"""

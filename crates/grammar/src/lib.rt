// The grammar of a program.
#![tactic(auto)]
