//! The flags of a packet's header (MS-RDPEUDP section 2.2).

ghost use Rattle.std.specs.Prelude.{◌≡◌};
ghost use Rattle.udp1_packets.specs.Layout.{has};

pub const SYN: u16 = 0x0001;

pub const ACK: u16 = 0x0004;

pub const DATA: u16 = 0x0008;

pub const FEC: u16 = 0x0010;

pub const ACK_OF_ACKS: u16 = 0x0100;

pub const CORRELATION_ID: u16 = 0x0800;

pub const SYNEX: u16 = 0x1000;

/// What no opening carries: FIN, DATA, FEC, CN, CWR, SACK_OPTION and ACK_OF_ACKS.
pub const NOT_WITH_SYN: u16 = 0x01fa;

/// The flags that announce nothing in an opening, in a packet with data, and in any other.
pub const SYN_MARKS: u16 = 0xe600;

pub const DATA_MARKS: u16 = 0xfee2;

pub const BARE_MARKS: u16 = 0xfef2;

/// Whether one of these flags is set.
pub fn has(flags: u16, mask: u16) -> bool
    ensures { result ≡ has flags mask }
{
    flags & mask != 0
}
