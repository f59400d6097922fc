//! Reading openings.

ghost use Rattle.std.specs.Prelude.{◌≡◌, ◌<◌, length, not, eqb, IfSome};
ghost use Rattle.std.specs.List.{position_from};
ghost use Rattle.std.specs.Option.{option_copied, option_map};
ghost use Rattle.mt_base.specs.CursorView.{left};
ghost use Rattle.udp1_packets.specs.Reading.{Reads, Answers, mtu_at, version_at, block32_at, extension_at, extended_at, zeros_at, syn_at, opening_at};
ghost use Rattle.udp1_packets.specs.Views.{extended_of, syn_of, body_of};

use crate::flags;
use crate::packet::{Body1, Extension, Syn1};
use carrier::Refusal1;
use mt_base::Cursor;

#[tactic(auto, unfolding(crate::specs::Reading::mtu_at))]
fn mtu(from: &mut Cursor<'_>) -> Result<u16, Refusal1>
    ensures { Reads (λ x. x) (left from.new) result (mtu_at (left from.old)) }
{
    let at = from.at();
    let mtu = from.u16_be()?;
    if mtu < 1132 || 1232 < mtu {
        return Err(Refusal1::BadMtu { at });
    }
    Ok(mtu)
}

#[tactic(auto, unfolding(crate::specs::Reading::version_at))]
fn version(from: &mut Cursor<'_>, valid: bool) -> Result<u16, Refusal1>
    ensures { Reads (λ x. x) (left from.new) result (version_at valid (left from.old)) }
{
    let at = from.at();
    let version = from.u16_be()?;
    if valid && version != 0x0001 && version != 0x0002 && version != 0x0101 {
        return Err(Refusal1::BadVersion { at });
    }
    Ok(version)
}

#[tactic(auto, unfolding(crate::specs::Reading::block32_at))]
fn block32<'a>(from: &mut Cursor<'a>, there: bool) -> Result<Option<&'a [u8]>, Refusal1>
    ensures { Reads option_copied (left from.new) result (block32_at there (left from.old)) }
{
    if !there {
        return Ok(None);
    }
    Ok(Some(from.take(32)?))
}

#[tactic(auto, unfolding(crate::specs::Reading::extension_at))]
fn extension<'a>(from: &mut Cursor<'a>, answer: bool) -> Result<Extension<'a>, Refusal1>
    ensures { Reads extended_of (left from.new) result (extension_at answer (left from.old)) }
{
    let flags = from.u16_be()?;
    let valid = flags::has(flags, 0x0001);
    let version = version(from, valid)?;
    let hash = block32(from, !answer && valid && version == 0x0101)?;
    Ok(Extension {
        flags,
        version,
        hash,
    })
}

#[tactic(auto, unfolding(crate::specs::Reading::extended_at))]
fn extended<'a>(
    from: &mut Cursor<'a>,
    there: bool,
    answer: bool,
) -> Result<Option<Extension<'a>>, Refusal1>
    ensures { let read = extended_at there answer (left from.old) in
        Reads (option_map extended_of) (left from.new) result read }
{
    if !there {
        return Ok(None);
    }
    Ok(Some(extension(from, answer)?))
}

/// The place of the first byte that is not zero.
fn not_zero(bytes: &[u8]) -> Option<usize>
    ensures first { result ≡ position_from (λ b. not (eqb b 0)) 0 bytes.now }
    ensures within { IfSome result (λ i. i < length bytes.now) }
{
    bytes.iter().position(|byte| *byte != 0)
}

/// How many zeros are left up to the end, where nothing else is.
#[tactic(auto, unfolding(crate::specs::Reading::zeros_at))]
fn zeros(from: &Cursor<'_>) -> Result<usize, Refusal1>
    ensures { Answers (λ x. x) result (zeros_at (left from.now)) }
{
    let rest = from.rest();
    match not_zero(rest) {
        None => Ok(rest.len()),
        Some(i) => Err(Refusal1::PaddingNotZero { at: from.at() + i }),
    }
}

#[tactic(auto, unfolding(crate::specs::Reading::syn_with))]
fn syn<'a>(from: &mut Cursor<'a>, flags: u16) -> Result<Syn1<'a>, Refusal1>
    ensures { Answers syn_of result (syn_at flags (left from.old)) }
{
    let answer = flags::has(flags, flags::ACK);
    let initial = from.u32_be()?;
    let up = mtu(from)?;
    let down = mtu(from)?;
    let correlation = block32(from, flags::has(flags, flags::CORRELATION_ID))?;
    let extension = extended(from, flags::has(flags, flags::SYNEX), answer)?;
    let padding = zeros(from)?;
    Ok(Syn1 {
        answer,
        initial,
        up,
        down,
        correlation,
        extension,
        padding,
    })
}

/// Reads what stands behind the header of an opening with these flags.
#[tactic(auto, unfolding(crate::specs::Reading::opening_at))]
pub fn opening<'a>(from: &mut Cursor<'a>, flags: u16) -> Result<Body1<'a>, Refusal1>
    ensures { Answers body_of result (opening_at flags (left from.old)) }
{
    if flags::has(flags, flags::NOT_WITH_SYN) {
        return Err(Refusal1::SynWithData { at: 6 });
    }
    Ok(Body1::Syn(syn(from, flags)?))
}
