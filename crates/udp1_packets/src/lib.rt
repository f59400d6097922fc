//! Packets of the first datagram layout (MS-RDPEUDP section 2.2), versions 1 and 2 and the opening
//! of version 3, read from and written into borrowed bytes: openings, data, packets of forward
//! error correction, and acknowledgements alone.
//!
//! Below it stand `mt_base` with its cursor and its place for writing, `ack_vector` for the
//! elements of a vector, and `carrier` for the refusal. What the crates above use is that
//! [`read1`] gives the packet that bytes spell or their first fault, that [`write1`] writes bytes
//! that spell a packet, and that these are read back.
#![tactic(auto)]

mod flags;
mod laws;
mod opening;
mod packet;
mod read;
mod write;

pub use carrier::Refusal1;
pub use laws::{one_meaning, opening_byte, written_is_read};
pub use packet::{Body1, Extension, Packet1, Syn1};
pub use read::read1;
pub use write::write1;
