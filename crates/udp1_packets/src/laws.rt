//! Laws of the layout.

ghost use Rattle.std.specs.Prelude.{◌≡◌, ◌⊎◌, ◌<◌, ◌^◌, ℕ, List, All, slice_index};
ghost use Rattle.carrier.specs.declared.first_layout.Refusal1.{Refusal1};
ghost use Rattle.udp1_packets.specs.Faults.{Refused};
ghost use Rattle.udp1_packets.specs.Layout.{Spells, IsPacket, spelled};
ghost use Rattle.udp1_packets.specs.Value.{Packet, Syn, SynBody};

/// What a writer spells for a packet spells it, and spells no other: reading it gives the packet
/// back.
pub fn written_is_read()
    ensures spells { (p : Packet) → IsPacket p → Spells (spelled p) p }
    ensures no_other { (p q : Packet) → IsPacket p → Spells (spelled p) q → q ≡ p }
{}

/// Bytes spell one packet or have one first fault, and never both.
pub fn one_meaning()
    ensures value { (bytes : List ℕ) (p q : Packet) → Spells bytes p → Spells bytes q → p ≡ q }
    ensures fault { (bytes : List ℕ) (r q : Refusal1) → Refused bytes r → Refused bytes q → r ≡ q }
    ensures one_of_both { (bytes : List ℕ) → All (λ b. b < 2 ^ 8) bytes
        → ((p : Packet) × Spells bytes p) ⊎ ((r : Refusal1) × Refused bytes r) }
    ensures never_both { (bytes : List ℕ) (p : Packet) (r : Refusal1)
        → Spells bytes p → Refused bytes r → ⊥ }
{}

/// The eighth byte of an opening is 0x01 or 0x05, so bytes with another there open nothing.
pub fn opening_byte()
    ensures { (bytes : List ℕ) (p : Packet) (syn : Syn) → Spells bytes p → p.body ≡ SynBody syn
        → (slice_index bytes 7 ≡ 0x01) ⊎ (slice_index bytes 7 ≡ 0x05) }
{}
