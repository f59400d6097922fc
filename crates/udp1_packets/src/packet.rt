//! Packets of the first layout, with their parts borrowed from the bytes that they were read from.

/// A packet, its header first (MS-RDPEUDP section 2.2).
#[derive(Clone, Copy, Debug)]
pub struct Packet1<'a> {
    /// snSourceAck.
    pub ack: u32,
    /// uReceiveWindowSize, in packets.
    pub window: u16,
    /// The flags that announce nothing in the packet.
    pub marks: u16,
    pub body: Body1<'a>,
}

/// What stands behind the header. `vector` is the elements of an acknowledgement vector, `aoa` an
/// acknowledgement of acknowledgements.
#[derive(Clone, Copy, Debug)]
pub enum Body1<'a> {
    /// A connection is opened, or its opening answered.
    Syn(Syn1<'a>),
    /// A source packet.
    Data {
        vector: Option<&'a [u8]>,
        aoa: Option<u32>,
        coded: u32,
        start: u32,
        bytes: &'a [u8],
    },
    /// A packet of forward error correction.
    Fec {
        vector: Option<&'a [u8]>,
        aoa: Option<u32>,
        coded: u32,
        start: u32,
        range: u8,
        index: u8,
        bytes: &'a [u8],
    },
    /// Acknowledgements alone; `rest` has no effect.
    Bare {
        vector: Option<&'a [u8]>,
        aoa: Option<u32>,
        rest: &'a [u8],
    },
}

/// The opening of a connection.
#[derive(Clone, Copy, Debug)]
pub struct Syn1<'a> {
    /// Whether it answers an opening.
    pub answer: bool,
    /// snInitialSequenceNumber.
    pub initial: u32,
    /// uUpStreamMtu, 1132 to 1232.
    pub up: u16,
    /// uDownStreamMtu, 1132 to 1232.
    pub down: u16,
    /// uCorrelationId and the reserved bytes behind it, 32 bytes.
    pub correlation: Option<&'a [u8]>,
    pub extension: Option<Extension<'a>>,
    /// How many zeros follow up to the end.
    pub padding: usize,
}

/// The extension of an opening.
#[derive(Clone, Copy, Debug)]
pub struct Extension<'a> {
    /// uSynExFlags; bit 0x0001 says that the version is valid.
    pub flags: u16,
    /// uUdpVer.
    pub version: u16,
    /// cookieHash, 32 bytes.
    pub hash: Option<&'a [u8]>,
}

"""

Search the entries for the string "correction". Copy every line that has it.

**Answer to the exercise**
//! error correction, and acknowledgements alone.
    /// A packet of forward error correction.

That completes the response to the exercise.